Lee said:I like many of the things written by the 2 correspondants in the blog page above. Clearly, scramjets will require extremely large, heavy intakes or a very heavy active airframe cooling system to be effective as an SSTO.
Still, Paul Czysz said in his hypersonic interview, Aurora speed Mach 6-8 aircraft had been built(highly classified) and he was told about it by telephone at about 3 in the morning by a man who claimed to be standing next to the plane at the time.
KJ_Lesnick said:How is it that Scramjets would require a heavy inlet structure and active cooling? They wouldn't have to slow the air as much as a ramjet.
flateric said:KJ, answering a question how old are you will make my behaviour...
LowObservable said:The NASP low-speed concept has been declassified. It's on page 215 of Heppenheimer's history of hypersonics, available here:
http://ntrs.nasa.gov/archive/nasa/casi.ntrs.nasa.gov/20070035924_2007036871.pdf
However, I do have confirmation from a senior NASPer (a P&W guy) dated 1995 that "it was one of the most secret parts of the program."
XP67_Moonbat said:IIRC, Dennis Jenkins' Space Shuttle book had a small bit about Robert Salkeld's design study for a small shuttle launched by C-5. Things that make you "hmmm".
the Moonbat
KJ_Lesnick said:PDE, not PDWE's are actually highly efficient
shockonlip said:KJ_Lesnick said:PDE, not PDWE's are actually highly efficient
Yes, the 'constant volume' combustion being more efficient than 'constant pressure'
(theoretically) combustion.
When I was doing my PDE research, a PDWE was for all intents and purposes the same
as a PDE, because these engines all used a detonation wave to initiate combustion
and even to impart momentum to the combustion products (at least in some versions)
(like a shock tunnel).
So yes they were more efficient than 'normal' combustion cycles and could be made
out of rather inexpensive components and were light, and the thrust seemed to scale
with frequency, and even would work in 'rocket' mode with the inlets closed. So it seemed
like it would be rather obvious that a ramjet/scramjet accelerator designer would take a
long hard look at this cycle for his or her accelerator.
In fact there are the obvious questions of developing PDE for SSTO itself.
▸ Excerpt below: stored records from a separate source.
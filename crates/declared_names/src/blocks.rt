ghost use Rattle.std.specs.Prelude.{◌≡◌, ◌++◌, ◌∷◌, [], List, None, Some, IfOk, OnOk, map};
ghost use Rattle.algolw_tree.specs.Grammar.{decls_of, items_of};
ghost use Rattle.algolw_tree.specs.Tree.{Placed};
ghost use Rattle.algolw_tree.specs.View.{class_tree, decl_tree, item_tree, procedure_tree, spec_tree};
ghost use Rattle.algolw_typing.specs.Actuals as actuals;
ghost use Rattle.algolw_typing.specs.Meanings as meanings;
ghost use Rattle.algolw_typing.specs.Rows as rows;
ghost use Rattle.algolw_typing.specs.Scopes as scopes;
ghost use Rattle.algolw_typing.specs.Typing as rules;
ghost use Rattle.algolw_typing.specs.Verdicts as verdicts;
ghost use Rattle.typing_rules.specs.View as view;
ghost use Rattle.algolw_typing.specs.Naming.{class_naming, nothing};
ghost use Rattle.typed_findings.specs.Noted.{Notes};
ghost use Rattle.declared_names.specs.Blocks.{bounds_found, bounds_notes, bounds_view, decl_bounds, DeclFound};
ghost use Rattle.declared_names.specs.NamesAlong.{names_along};

use crate::classes::note_class;
use crate::declarations::{
    declare_alike, declare_class, declare_names, dimension_fault, formal_faults, formal_types,
    good, group_faults, log_groups, log_type, result_faults, result_type, spec_faults, spec_type,
};
use crate::known::{Declared, Facts, KnownScope};
use crate::path::KnownPath;
use algolw_tree::{ClassDecl, Decl, Item, NameInfo, Names, ProcDecl, Spelling, TypeSpec};
use bumpalo::Bump;
use std::alloc::{AllocError, Global};
use typed_findings::{Finding, FoundClass, Log};
use typing_rules::{Meaning, NoType, Reading, Verdict, bound_row};
use value_ops::{Diagnostic, Place};

/// What is found of the bounds of a declaration.
#[derive(Clone, Copy)]
pub struct Bounds<'a> {
    /// The faults in them.
    pub faults: &'a [Diagnostic],
    /// The findings of the phrases in them.
    pub findings: &'a [Finding<'a>],
    /// What is declared in them.
    pub names: &'a [NameInfo],
    /// The record classes in them.
    pub classes: &'a [FoundClass<'a>],
}

/// The bounds of what is no array.
pub fn no_bounds<'a>() -> Bounds<'a>
    ensures found { bounds_view result ≡ bounds_found rules.no_more_bounds }
    ensures notes { bounds_notes result ≡ nothing }
{
    Bounds {
        faults: &[],
        findings: &[],
        names: &[],
        classes: &[],
    }
}

// ---- the names of a block, before anything is known of what they mean

/// Declares names of which nothing is known.
fn name_all<'t>(
    names: &'t [(Spelling, Place)],
    scope: &mut KnownScope<'t, '_>,
) -> Result<(), AllocError>
    ensures { OnOk result (scope.new ≡ scope.old ++ scopes.entries names.now None) }
{
    declare_alike(names, Facts::Nothing, scope)
}

/// Declares the fields of a class, of which nothing is known.
#[tactic(auto, using(crate::proofs::Placing::entries_append))]
fn name_fields<'t>(class: &'t ClassDecl, scope: &mut KnownScope<'t, '_>) -> Result<(), AllocError>
    ensures { OnOk result (scope.new ≡ scope.old
        ++ scopes.entries (scopes.group_names (class_tree class.now).groups) None) }
{
    for (_, names) in &class.groups {
        name_all(names, scope)?;
    }
    Ok(())
}

/// Declares a name of which nothing is known but whether it is a class.
fn name_alone<'t>(
    name: &'t (Spelling, Place),
    is_class: bool,
    scope: &mut KnownScope<'t, '_>,
) -> Result<(), AllocError>
    ensures { OnOk result (scope.new ≡ scope.old ++ scopes.known name.now is_class actuals.as_phrases None ∷ []) }
{
    let facts = if is_class {
        Facts::Class
    } else {
        Facts::Nothing
    };
    scope.declare(name, facts)
}

/// Declares the names of a declaration, of which nothing is known.
fn name_decl<'t>(decl: &'t Decl, scope: &mut KnownScope<'t, '_>) -> Result<(), AllocError>
    ensures { OnOk result (scope.new ≡ scope.old ++ scopes.names_of_decl (decl_tree decl.now)) }
{
    match decl {
        Decl::Simple(_, names) | Decl::Array(_, names, _) => name_all(names, scope),
        Decl::Proc(procedure) => name_alone(&procedure.name, false, scope),
        Decl::Class(class) => {
            name_alone(&class.name, true, scope)?;
            name_fields(class, scope)
        }
    }
}

/// Declares the labels of a phrase.
fn declare_labelled<'t>(
    labels: &'t [(Spelling, Place)],
    scope: &mut KnownScope<'t, '_>,
) -> Result<(), AllocError>
    ensures { OnOk result (scope.new ≡ scope.old ++ scopes.entries labels.now (Some meanings.a_label)) }
{
    declare_alike(labels, Facts::Label, scope)
}

/// Declares labels.
pub fn declare_labels<'t>(
    items: &'t [Item],
    scope: &mut KnownScope<'t, '_>,
) -> Result<(), AllocError>
    ensures { OnOk result (scope.new ≡ scope.old ++ scopes.label_entries (items_of (map item_tree items.now))) }
{
    for item in items {
        if let Item::Labelled(labelled) = item {
            declare_labelled(&labelled.labels, scope)?;
        }
    }
    Ok(())
}

/// Declares the names of declarations, of which nothing is known.
fn name_decls<'t>(decls: &'t [Decl], scope: &mut KnownScope<'t, '_>) -> Result<(), AllocError>
    ensures { OnOk result (scope.new ≡ scope.old ++ scopes.names_of_decls (decls_of (map decl_tree decls.now))) }
{
    for decl in decls {
        name_decl(decl, scope)?;
    }
    Ok(())
}

/// The names of a block as they stand in it, before anything is known of what they mean.
pub fn names_of_block<'t, 'a>(
    alloc: Global,
    decls: &'t [Decl],
    items: &'t [Item],
) -> Result<KnownScope<'t, 'a>, AllocError>
    ensures { IfOk result (λ s. s ≡ scopes.names_of_block (decls_of (map decl_tree decls.now))
        (items_of (map item_tree items.now))) }
{
    let mut scope = KnownScope::new(alloc);
    name_decls(decls, &mut scope)?;
    declare_labels(items, &mut scope)?;
    Ok(scope)
}

// ---- what its declarations make of its names

/// Declares simple variables.
fn declare_simple<'t, 'a>(
    alloc: Global,
    arena: &'a Bump,
    path: &KnownPath<'_, '_, 'a>,
    spec: &TypeSpec,
    names: &'t Names,
    scope: &mut KnownScope<'t, 'a>,
) -> Result<(), AllocError>
    ensures { OnOk result (scope.new ≡ scope.old
        ++ scopes.entries names.now.items (scopes.good (scopes.spec_faults path.now (spec_tree spec.now))
        (meanings.a_variable (scopes.spec_type path.now (spec_tree spec.now))))) }
{
    let mut faults = Vec::new(alloc);
    spec_faults(path, spec, &mut faults)?;
    let variable = Meaning::Variable(spec_type(arena, path, spec)?);
    declare_names(arena, names, good(&faults, variable), scope)
}

/// Declares arrays of so many dimensions, in whose bounds these faults were found.
fn declare_array<'t, 'a>(
    alloc: Global,
    arena: &'a Bump,
    path: &KnownPath<'_, '_, 'a>,
    spec: &TypeSpec,
    names: &'t Names,
    dimensions: usize,
    found: &[Diagnostic],
    scope: &mut KnownScope<'t, 'a>,
) -> Result<(), AllocError>
    ensures { OnOk result (scope.new ≡ scope.old
        ++ scopes.entries names.now.items (scopes.good
        (rules.array_faults path.now (spec_tree spec.now) names.now.items dimensions
        ++ scopes.without_twice found.now) (meanings.an_array
        (scopes.spec_type path.now (spec_tree spec.now)) dimensions))) }
{
    let Ok(count) = u32::try_from(dimensions) else {
        return Err(AllocError);
    };
    let mut faults = Vec::new(alloc);
    spec_faults(path, spec, &mut faults)?;
    dimension_fault(names, dimensions, &mut faults)?;
    add_without_twice(found, &mut faults)?;
    let array = Meaning::Array(spec_type(arena, path, spec)?, count);
    declare_names(arena, names, good(&faults, array), scope)
}

/// Adds the faults that make a declaration faulty: all but 31.
fn add_without_twice(found: &[Diagnostic], faults: &mut Vec<Diagnostic>) -> Result<(), AllocError>
    ensures { OnOk result (faults.new.items ≡ faults.old.items ++ scopes.without_twice found.now) }
{
    for fault in found {
        if fault.number != Diagnostic::NAME_DECLARED_TWICE {
            faults.push(*fault)?;
        }
    }
    Ok(())
}

/// Declares a procedure.
fn declare_procedure<'t, 'a>(
    alloc: Global,
    arena: &'a Bump,
    path: &KnownPath<'_, '_, 'a>,
    procedure: &'t ProcDecl,
    scope: &mut KnownScope<'t, 'a>,
) -> Result<(), AllocError>
    ensures { (around : scopes.Scopes) → OnOk result
        (scope.new ≡ scope.old ++ rules.meanings_of around path.now (procedure_tree procedure.now)) }
{
    let mut faults = Vec::new(alloc);
    result_faults(path, &procedure.result, &mut faults)?;
    formal_faults(path, &procedure.formals, &mut faults)?;
    let result_type = result_type(arena, path, &procedure.result)?;
    let formals = formal_types(alloc, arena, path, &procedure.formals)?;
    let declared = arena.try_alloc(Declared {
        is_class: false,
        reading: Reading::ForFormals(formals),
        means: good(&faults, Meaning::Procedure(result_type, formals)),
    })?;
    scope.declare(&procedure.name, Facts::Declared(declared))
}

/// Declares what a declaration with these bounds makes of its names.
pub fn declare<'t, 'a>(
    alloc: Global,
    arena: &'a Bump,
    path: &KnownPath<'_, '_, 'a>,
    decl: &'t Decl,
    bounds: Bounds<'a>,
    scope: &mut KnownScope<'t, 'a>,
) -> Result<(), AllocError>
    ensures { (around : scopes.Scopes) → bounds_view bounds.entry ≡ decl_bounds around (decl_tree decl.now)
        → OnOk result (scope.new ≡ scope.old ++ rules.meanings_of around path.now (decl_tree decl.now)) }
{
    match decl {
        Decl::Simple(spec, names) => declare_simple(alloc, arena, path, spec, names, scope),
        Decl::Array(spec, names, sizes) => {
            let dimensions = sizes.len();
            declare_array(
                alloc,
                arena,
                path,
                spec,
                names,
                dimensions,
                bounds.faults,
                scope,
            )
        }
        Decl::Proc(procedure) => declare_procedure(alloc, arena, path, procedure, scope),
        Decl::Class(class) => declare_class(alloc, arena, path, class, scope),
    }
}

// ---- the declarations themselves

/// The verdict of bounds, at `::`.
pub fn bound_verdict<'a>(place: Place, lower: Verdict<'a>, upper: Verdict<'a>) -> Verdict<'a>
    ensures { view.verdict result ≡ verdicts.two_parts (verdicts.type_of (view.verdict lower.entry))
        (verdicts.type_of (view.verdict upper.entry)) (rows.bound_row place) }
{
    match (lower, upper) {
        (Ok(lower), Ok(upper)) => bound_row(place, lower, upper),
        _ => Err(NoType::Silent),
    }
}

/// Adds the faults and the findings of simple variables.
pub fn simple<'a>(
    arena: &'a Bump,
    path: &KnownPath<'_, '_, 'a>,
    spec: &TypeSpec,
    log: &mut Log<'a>,
) -> Result<(), AllocError>
    ensures found { (xs : List Placed) → OnOk result (DeclFound log.old log.new
        (rules.simple_out path.now (spec_tree spec.now) xs)) }
    ensures notes { OnOk result (Notes log.old log.new nothing) }
{
    spec_faults(path, spec, &mut log.faults)?;
    log_type(arena, path, spec, log)
}

/// Adds the faults and the findings of arrays of so many dimensions, with these bounds, and what is noted in them.
pub fn array<'a>(
    arena: &'a Bump,
    path: &KnownPath<'_, '_, 'a>,
    spec: &TypeSpec,
    names: &Names,
    dimensions: usize,
    bounds: Bounds<'a>,
    log: &mut Log<'a>,
) -> Result<(), AllocError>
    ensures found { (o : rules.BoundsOut) → bounds_view bounds.entry ≡ bounds_found o
        → OnOk result (DeclFound log.old log.new
        (rules.array_out path.now (spec_tree spec.now) names.now.items dimensions o)) }
    ensures notes { OnOk result (Notes log.old log.new (bounds_notes bounds.entry)) }
{
    spec_faults(path, spec, &mut log.faults)?;
    dimension_fault(names, dimensions, &mut log.faults)?;
    log.faults.extend_from_slice(bounds.faults)?;
    log_type(arena, path, spec, log)?;
    log.findings.extend_from_slice(bounds.findings)?;
    log.names.extend_from_slice(bounds.names)?;
    log.classes.extend_from_slice(bounds.classes)?;
    Ok(())
}

/// Adds the faults and the findings of a record class, and notes it.
pub fn class<'a>(
    alloc: Global,
    arena: &'a Bump,
    path: &KnownPath<'_, '_, 'a>,
    class: &ClassDecl,
    log: &mut Log<'a>,
) -> Result<(), AllocError>
    ensures found { OnOk result (DeclFound log.old log.new
        (rules.class_out path.now (class_tree class.now))) }
    ensures notes { OnOk result (Notes log.old log.new
        (class_naming (names_along path.now) (class_tree class.now))) }
{
    group_faults(path, class, &mut log.faults)?;
    log_groups(arena, path, class, log)?;
    note_class(alloc, arena, path, class, &mut log.classes)
}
Sometimes in
engineering, you make big progress by just getting the right people tegether in a room and
'facilitating' and hopefully watching magic happen!
So with that in mind, around the same time my PDE piece came out in AW&ST, I organized
a meeting between one of the DC-X visionaries and one of the PDE experts. The goal was
to get a PDE in DC-X for something, anything. The meeting did occur, but I wasn't allowed
to be there to 'facilitate', unfortunately, so nothing significant happened. But PDE's were too
early (at least in my world) for that anyway I guess.
So KJ, are PDEs and PDWE's different these days? How?
Thanks!
KJ_Lesnick said:PDWE's I think involved spraying fuel out onto the plane's skin which then traveled through a shaped passage and was detonated. Which people claimed was responsible for them doughnuts on a rope.
PDE's basically created a deflagration (subsonic burn), and rapidly built it up into a powerful high-speed supersonic detonation which as it blasted out the rear, drew air in through the front "sucking" in air as I remember it.
Kendra Lesnick
sferrin said:Whatever happened to the strut jet? It's another zero to orbit propulsion system.